Activity: Record by record, give the entire listing again exactly.
··· Supplied material
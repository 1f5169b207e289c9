//! A load: the functions of a status text with their counts, in the order of its lines.

ghost use Rattle.std.specs.Prelude.{◌≡◌, [], IfOk, OnErr, OnOk};
ghost use Rattle.gear_status.specs.Status.{put, waiting};

use indexmap::IndexMap;
use std::alloc::{AllocError, Global};
use std::marker::Model;

/// What a status line says of its function.
#[derive(Clone, Copy, Debug, PartialEq, Eq)]
pub struct Counts {
    /// Jobs in the queue, those that run among them.
    pub total: u32,
    /// Jobs that run.
    pub running: u32,
    /// Workers that have registered for the function.
    pub workers: u32,
}

/// The functions of a status text with their counts, in the order of their first lines.
#[derive(Drop)]
pub struct Load {
    lines: IndexMap<Vec<u8>, Counts>,
}

impl Model for Load {
    ghost use Rattle.std.specs.Prelude.{List};
    ghost use Rattle.gear_status.specs.Status.{Line};

    ghost Value = { List Line };

    ghost use Rattle.gear_status.specs.Entries.{lines_view};

    ghost view = { λ l. lines_view l.lines.entries };
}

impl Load {
    /// A load without lines. It takes no memory before the first `set`.
    pub fn new(alloc: Global) -> Load
        ensures no_lines { result ≡ [] }
    {
        Load {
            lines: IndexMap::new(alloc),
        }
    }

    /// Sets the counts of a name, which may be any bytes. A name that is there keeps its place, and a new one goes last.
    /// If there is no memory for it, the load stays as it was.
    pub fn set(
        &mut self,
        name: &[u8],
        total: u32,
        running: u32,
        workers: u32,
    ) -> Result<(), AllocError>
        ensures ok { OnOk result (self.new ≡ put self.old (name.now, record { total = total; running = running; workers = workers })) }
        ensures err { OnErr result (self.new ≡ self.old) }
    {
        let counts = Counts {
            total,
            running,
            workers,
        };
        self.set_counts(name, counts)
    }

    /// As `set`, with the counts as one value.
    pub fn set_counts(&mut self, name: &[u8], counts: Counts) -> Result<(), AllocError>
        ensures ok { OnOk result (self.new ≡ put self.old (name.now, counts)) }
        ensures err { OnErr result (self.new ≡ self.old) }
    {
        let key = Vec::from_slice(*self.lines.allocator(), name)?;
        self.lines.insert(key, counts)?;
        Ok(())
    }

    /// How many jobs of a name wait for a worker: the queue less those that run, and 0 if more run or the name is not
    /// there. It looks the name up by its hash.
    pub fn waiting(&self, name: &[u8]) -> u32
        ensures jobs { result ≡ waiting self.now name.now }
    {
        match self.lines.get(name) {
            Some(counts) => counts.total.saturating_sub(counts.running),
            None => 0,
        }
    }

    /// An equal load: the same lines in the same order. The only error is out of memory.
    pub fn copy(&self) -> Result<Load, AllocError>
        ensures { IfOk result (λ load. load ≡ self.now) }
    {
        Ok(Load {
            lines: self.lines.clone()?,
        })
    }
}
······
Written answer:
repository 1f5169b207e289c9
//! A load: the functions of a status text with their counts, in the order of its lines.

ghost use Rattle.std.specs.Prelude.{◌≡◌, [], IfOk, OnErr, OnOk};
ghost use Rattle.gear_status.specs.Status.{put, waiting};

use indexmap::IndexMap;
use std::alloc::{AllocError, Global};
use std::marker::Model;

/// What a status line says of its function.
#[derive(Clone, Copy, Debug, PartialEq, Eq)]
pub struct Counts {
    /// Jobs in the queue, those that run among them.
    pub total: u32,
    /// Jobs that run.
    pub running: u32,
    /// Workers that have registered for the function.
    pub workers: u32,
}

/// The functions of a status text with their counts, in the order of their first lines.
#[derive(Drop)]
pub struct Load {
    lines: IndexMap<Vec<u8>, Counts>,
}

impl Model for Load {
    ghost use Rattle.std.specs.Prelude.{List};
    ghost use Rattle.gear_status.specs.Status.{Line};

    ghost Value = { List Line };

    ghost use Rattle.gear_status.specs.Entries.{lines_view};

    ghost view = { λ l. lines_view l.lines.entries };
}

impl Load {
    /// A load without lines. It takes no memory before the first `set`.
    pub fn new(alloc: Global) -> Load
        ensures no_lines { result ≡ [] }
    {
        Load {
            lines: IndexMap::new(alloc),
        }
    }

    /// Sets the counts of a name, which may be any bytes. A name that is there keeps its place, and a new one goes last.
    /// If there is no memory for it, the load stays as it was.
    pub fn set(
        &mut self,
        name: &[u8],
        total: u32,
        running: u32,
        workers: u32,
    ) -> Result<(), AllocError>
        ensures ok { OnOk result (self.new ≡ put self.old (name.now, record { total = total; running = running; workers = workers })) }
        ensures err { OnErr result (self.new ≡ self.old) }
    {
        let counts = Counts {
            total,
            running,
            workers,
        };
        self.set_counts(name, counts)
    }

    /// As `set`, with the counts as one value.
    pub fn set_counts(&mut self, name: &[u8], counts: Counts) -> Result<(), AllocError>
        ensures ok { OnOk result (self.new ≡ put self.old (name.now, counts)) }
        ensures err { OnErr result (self.new ≡ self.old) }
    {
        let key = Vec::from_slice(*self.lines.allocator(), name)?;
        self.lines.insert(key, counts)?;
        Ok(())
    }

    /// How many jobs of a name wait for a worker: the queue less those that run, and 0 if more run or the name is not
    /// there. It looks the name up by its hash.
    pub fn waiting(&self, name: &[u8]) -> u32
        ensures jobs { result ≡ waiting self.now name.now }
    {
        match self.lines.get(name) {
            Some(counts) => counts.total.saturating_sub(counts.running),
            None => 0,
        }
    }

    /// An equal load: the same lines in the same order. The only error is out of memory.
    pub fn copy(&self) -> Result<Load, AllocError>
        ensures { IfOk result (λ load. load ≡ self.now) }
    {
        Ok(Load {
            lines: self.lines.clone()?,
        })
    }
}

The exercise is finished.